| Task objective |
Please find all lines in the data that hold the string "unfolding" and copy them.

| Data shown |
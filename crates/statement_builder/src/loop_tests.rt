//! Whether the items behind the first of a loop are those of a loop, whether its test stands behind the turn, and where the jump at the end of an arm goes.

ghost use Rattle.std.specs.Prelude.{◌≡◌, ◌+◌, ◌<◌, ◌≤◌, ◌^◌, option_copied, length, slice_get, take};
ghost use Rattle.named_items.specs.Layouts.{layout_of};
ghost use Rattle.named_items.specs.Structured as spec;

use crate::span::Span;
use named_items::{Item, Layout};
use std::collections::VecDeque;

/// The item at an index, where there is one.
pub(crate) fn at(items: &VecDeque<Item>, index: usize) -> Option<&Item>
    ensures { option_copied result ≡ slice_get items.now.items index }
{
    items.get(index)
}

/// Where the jump at the end of an arm goes.
#[tactic(auto, unfolding(named_items::specs::Structured::end_of_arm))]
pub(crate) fn end_of_arm(item: Option<&Item>) -> Option<usize>
    ensures { result ≡ spec.end_of_arm (option_copied item.entry) }
{
    match item {
        Some(Item::Jump(position)) => Some(*position),
        _ => None,
    }
}

/// Whether an item jumps back to a position.
#[tactic(auto, unfolding(named_items::specs::Structured::goes_back))]
fn goes_back(position: usize, item: Option<&Item>) -> bool
    ensures { result ≡ spec.goes_back position (option_copied item.entry) }
{
    match item {
        Some(Item::Jump(target)) => *target == position,
        _ => false,
    }
}

/// Whether no label stands before the test of a loop, its growth and its jump back.
#[tactic(auto, unfolding(named_items::specs::Structured::is_unmarked))]
fn is_unmarked(layout: &Layout, position: usize, size: usize) -> bool
    requires { position + size + 3 < 2 ^ 64 }
    ensures { result ≡ spec.is_unmarked (layout_of layout.now) position size }
{
    layout.label(position + 1).is_none()
        && layout.label(position + size + 2).is_none()
        && layout.label(position + size + 3).is_none()
}

/// Whether an item is a test behind a turn of so many items, at once behind the one at a position, and no label stands before it.
#[tactic(auto, unfolding(named_items::specs::Structured::tests_turn))]
fn tests_turn(layout: &Layout, position: usize, size: usize, item: Option<&Item>) -> bool
    requires { position + size + 2 < 2 ^ 64 }
    ensures { result ≡ spec.tests_turn (layout_of layout.now) position size (option_copied item.entry) }
{
    match item {
        Some(Item::Branch(_, on, off)) => {
            *on == position + 1
                && *off == position + size + 2
                && layout.label(position + size + 1).is_none()
        }
        _ => false,
    }
}

/// Whether the test of a loop stands behind so many items of its turn.
pub(crate) fn is_tested_behind(
    layout: &Layout,
    items: &VecDeque<Item>,
    span: Span,
    size: usize,
) -> bool
    requires within { span.count ≤ length items.now.items }
    requires fits { span.position + 1 + span.count < 2 ^ 64 }
    ensures { result ≡ spec.tests_turn (layout_of layout.now) span.position size (slice_get (take span.count items.now.items) size) }
{
    size < span.count && tests_turn(layout, span.position, size, at(items, size))
}

/// Whether a test stands at once behind the first item, then so many items of a turn, one more and the jump back, and no label but in the turn.
#[tactic(auto, unfolding(named_items::specs::Structured::is_loop))]
pub(crate) fn is_loop(
    layout: &Layout,
    items: &VecDeque<Item>,
    span: Span,
    size: usize,
    on: usize,
    off: usize,
) -> bool
    requires within { span.count ≤ length items.now.items }
    requires fits { span.position + 2 + span.count < 2 ^ 64 }
    ensures { result ≡ spec.is_loop (layout_of layout.now) span.position size on off (take span.count items.now.items) }
{
    if span.count < 2 || span.count - 2 < size {
        return false;
    }
    on == span.position + 2
        && off == span.position + size + 4
        && goes_back(span.position + 1, at(items, size + 1))
        && is_unmarked(layout, span.position, size)
}
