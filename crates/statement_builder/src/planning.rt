//! Plans for items: tests with one arm or two, loops, and statements of their own.

ghost use Rattle.std.specs.Prelude.{◌≡◌, ◌+◌, ◌<◌, ◌≤◌, ◌^◌, IfOk, length, take};
ghost use Rattle.named_items.specs.declared.item.Item.TheVariants as item;
ghost use Rattle.named_items.specs.Layouts.{layout_of};
ghost use Rattle.named_items.specs.Structured as spec;
ghost use Rattle.statement_builder.specs.Plans.{Ahead, Plans, loop_plan, popped, steps, turns, whole};

use crate::cases::switch_for;
use crate::loop_tests::{at, end_of_arm, is_loop, is_tested_behind};
use crate::parts::{alone, statement_of};
use crate::plan::Plan;
use crate::span::Span;
use c_tree::expression::CExpr;
use named_items::{Case, Head, Item, Layout, Part};
use std::alloc::{AllocError, Global};
use std::collections::VecDeque;

/// No plan, in place of what is given.
fn unwritten<T: Drop>(_given: T) -> Plan
    ensures { result ≡ Plan.Unwritten }
{
    Plan::Unwritten
}

/// A test whose first arm has so many items before the jump at its end: the other arm reaches to where that jump goes.
fn plan_arms(
    items: &VecDeque<Item>,
    span: Span,
    test: CExpr,
    size: usize,
    end: Option<usize>,
) -> Plan
    requires room { size + 1 ≤ span.count }
    requires within { span.count ≤ length items.now.items }
    requires fits { span.position + 1 + span.count < 2 ^ 64 }
    ensures built { Plans span.position items.now.items (λ write. spec.arms_for write span.position test size end (take span.count items.now.items)) result }
    ensures taken { popped result ≡ 0 }
    ensures counted { steps result ≤ span.count }
{
    let Some(end) = end else {
        return unwritten(test);
    };
    let second = span.position + size + 2;
    if second <= end && end - second <= span.count - (size + 1) {
        Plan::TwoArms(test, size, end - second)
    } else {
        unwritten(test)
    }
}

/// A test that passes so many items, the last of which may be a jump over another arm.
fn plan_branch(
    layout: &Layout,
    items: &VecDeque<Item>,
    span: Span,
    test: CExpr,
    size: usize,
) -> Plan
    requires room { size ≤ span.count }
    requires within { span.count ≤ length items.now.items }
    requires fits { span.position + 1 + span.count < 2 ^ 64 }
    ensures built { Plans span.position items.now.items (λ write. spec.branch_for (layout_of layout.now) write span.position test size (take span.count items.now.items)) result }
    ensures taken { popped result ≡ 0 }
    ensures counted { steps result ≤ span.count }
{
    if size > 0 && layout.ends_arm(span.position + size) {
        plan_arms(items, span, test, size - 1, end_of_arm(at(items, size - 1)))
    } else {
        Plan::OneArm(test, size)
    }
}

/// A test that goes on behind it or at a later position.
fn plan_test(
    layout: &Layout,
    items: &VecDeque<Item>,
    span: Span,
    test: CExpr,
    on: usize,
    off: usize,
) -> Plan
    requires within { span.count ≤ length items.now.items }
    requires fits { span.position + 1 + span.count < 2 ^ 64 }
    ensures built { Plans span.position items.now.items (λ write. spec.test_for (layout_of layout.now) write span.position test on off (take span.count items.now.items)) result }
    ensures taken { popped result ≡ 0 }
    ensures counted { steps result ≤ span.count }
{
    let next = span.position + 1;
    if on == next && next <= off && off - next <= span.count {
        plan_branch(layout, items, span, test, off - next)
    } else {
        unwritten(test)
    }
}

/// A statement with the items that belong to it, where there is one.
#[tactic(auto, unfolding(crate::specs::Plans::whole))]
fn plan_whole(part: Option<Part>) -> Plan
    ensures { result ≡ whole part }
{
    match part {
        Some(part) => Plan::Whole(part),
        None => Plan::Unwritten,
    }
}

/// A value that picks one of the jumps behind it.
fn plan_switch(
    alloc: Global,
    layout: &Layout,
    items: &VecDeque<Item>,
    span: Span,
    value: CExpr,
    cases: &[Case],
    otherwise: usize,
) -> Result<Plan, AllocError>
    requires within { span.count ≤ length items.now.items }
    requires fits { span.position + 1 + span.count < 2 ^ 64 }
    ensures built { IfOk result (Plans span.position items.now.items (λ write. spec.switch_for (layout_of layout.now) span.position value cases.now otherwise (take span.count items.now.items))) }
    ensures taken { IfOk result (λ plan. popped plan ≡ 0) }
    ensures counted { IfOk result (λ plan. steps plan ≤ span.count) }
{
    let found = switch_for(alloc, layout, items, span, value, cases, otherwise)?;
    Ok(plan_whole(found))
}

/// An item that begins no loop.
fn plan_plain(
    alloc: Global,
    layout: &Layout,
    items: &VecDeque<Item>,
    span: Span,
    item: Item,
) -> Result<Plan, AllocError>
    requires within { span.count ≤ length items.now.items }
    requires fits { span.position + 1 + span.count < 2 ^ 64 }
    ensures built { IfOk result (Plans span.position items.now.items (λ write. spec.plain_for (layout_of layout.now) write span.position item (take span.count items.now.items))) }
    ensures taken { IfOk result (λ plan. popped plan ≡ 0) }
    ensures counted { IfOk result (λ plan. steps plan ≤ span.count) }
{
    match item {
        Item::Branch(test, on, off) => Ok(plan_test(layout, items, span, test, on, off)),
        Item::Select(value, cases, otherwise) => {
            plan_switch(
                alloc,
                layout,
                items,
                span,
                value,
                cases.as_slice(),
                otherwise,
            )
        }
        item => Ok(plan_whole(alone(statement_of(alloc, layout, item)?))),
    }
}

/// A loop behind its test, where the items are those of one.
#[tactic(auto, unfolding(crate::specs::Plans::turns))]
fn plan_turns(
    layout: &Layout,
    items: &VecDeque<Item>,
    span: Span,
    size: usize,
    head: Head,
    on: usize,
    off: usize,
) -> Plan
    requires within { span.count ≤ length items.now.items }
    requires fits { span.position + 2 + span.count < 2 ^ 64 }
    ensures { result ≡ turns (spec.is_loop (layout_of layout.now) span.position size on off (take span.count items.now.items)) head size }
{
    if is_loop(layout, items, span, size, on, off) {
        Plan::Turns(head, size)
    } else {
        unwritten(head)
    }
}

/// A loop whose variable is set already, where the item behind that is its test.
#[tactic(auto, unfolding(crate::specs::Plans::loop_plan))]
fn plan_behind(
    layout: &Layout,
    items: &VecDeque<Item>,
    span: Span,
    size: usize,
    variable: CExpr,
    first: CExpr,
    item: Item,
) -> Plan
    requires within { span.count ≤ length items.now.items }
    requires fits { span.position + 2 + span.count < 2 ^ 64 }
    ensures { result ≡ loop_plan (layout_of layout.now) span.position size variable first item (take span.count items.now.items) }
{
    match item {
        Item::Branch(test, on, off) => {
            let head = Head {
                variable,
                first,
                test,
            };
            plan_turns(layout, items, span, size, head, on, off)
        }
        other => unwritten((other, variable, first)),
    }
}

/// A loop whose variable is first set by an item, with the test behind it, which is taken.
fn plan_head(
    layout: &Layout,
    items: &mut VecDeque<Item>,
    span: Span,
    size: usize,
    variable: CExpr,
    first: CExpr,
) -> Plan
    requires within { span.count ≤ length items.old.items }
    requires fits { span.position + 1 + span.count < 2 ^ 64 }
    ensures built { Plans span.position items.new.items (λ write. spec.head_for (layout_of layout.now) write span.position size variable first (take span.count items.old.items)) result }
    ensures ahead { Ahead items.old.items items.new.items result }
    ensures counted { popped result + steps result ≤ span.count }
{
    if span.count == 0 {
        return unwritten((variable, first));
    }
    let behind = Span {
        position: span.position,
        count: span.count - 1,
        turns: span.turns,
    };
    let Some(item) = items.pop_front() else {
        return unwritten((variable, first));
    };
    plan_behind(layout, items, behind, size, variable, first, item)
}

/// A loop whose variable is first set by an item, with the test behind the turn, or at once behind that.
fn plan_set(
    layout: &Layout,
    items: &mut VecDeque<Item>,
    span: Span,
    size: usize,
    variable: CExpr,
    first: CExpr,
) -> Plan
    requires within { span.count ≤ length items.old.items }
    requires fits { span.position + 1 + span.count < 2 ^ 64 }
    ensures built { Plans span.position items.new.items (λ write. spec.loop_for (layout_of layout.now) write span.position size (item.Assign variable first) (take span.count items.old.items)) result }
    ensures ahead { Ahead items.old.items items.new.items result }
    ensures counted { popped result + steps result ≤ span.count }
{
    if is_tested_behind(layout, items, span, size) {
        Plan::Once(variable, first, size)
    } else {
        plan_head(layout, items, span, size, variable, first)
    }
}

/// A loop that begins at an item.
fn plan_loop(
    layout: &Layout,
    items: &mut VecDeque<Item>,
    span: Span,
    size: usize,
    item: Item,
) -> Plan
    requires within { span.count ≤ length items.old.items }
    requires fits { span.position + 1 + span.count < 2 ^ 64 }
    ensures built { Plans span.position items.new.items (λ write. spec.loop_for (layout_of layout.now) write span.position size item (take span.count items.old.items)) result }
    ensures ahead { Ahead items.old.items items.new.items result }
    ensures counted { popped result + steps result ≤ span.count }
{
    match item {
        Item::Assign(variable, first) => plan_set(layout, items, span, size, variable, first),
        other => unwritten(other),
    }
}

/// An item with those behind it.
pub(crate) fn plan_part(
    alloc: Global,
    layout: &Layout,
    items: &mut VecDeque<Item>,
    span: Span,
    item: Item,
) -> Result<Plan, AllocError>
    requires within { span.count ≤ length items.old.items }
    requires fits { span.position + 1 + span.count < 2 ^ 64 }
    ensures built { IfOk result (Plans span.position items.new.items (λ write. spec.part_for (layout_of layout.now) write ((layout_of layout.now).loop span.position) span.position item (take span.count items.old.items))) }
    ensures ahead { IfOk result (Ahead items.old.items items.new.items) }
    ensures counted { IfOk result (λ plan. popped plan + steps plan ≤ span.count) }
{
    match layout.turn(span.position) {
        Some(size) => Ok(plan_loop(layout, items, span, size, item)),
        None => plan_plain(alloc, layout, items, span, item),
    }
}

| Response for this exercise |
#[tactic(auto, unfolding(named_items::specs::Structured::end_of_arm))]
#[tactic(auto, unfolding(named_items::specs::Structured::goes_back))]
#[tactic(auto, unfolding(named_items::specs::Structured::is_unmarked))]
#[tactic(auto, unfolding(named_items::specs::Structured::tests_turn))]
#[tactic(auto, unfolding(named_items::specs::Structured::is_loop))]
#[tactic(auto, unfolding(crate::specs::Plans::whole))]
#[tactic(auto, unfolding(crate::specs::Plans::turns))]
#[tactic(auto, unfolding(crate::specs::Plans::loop_plan))]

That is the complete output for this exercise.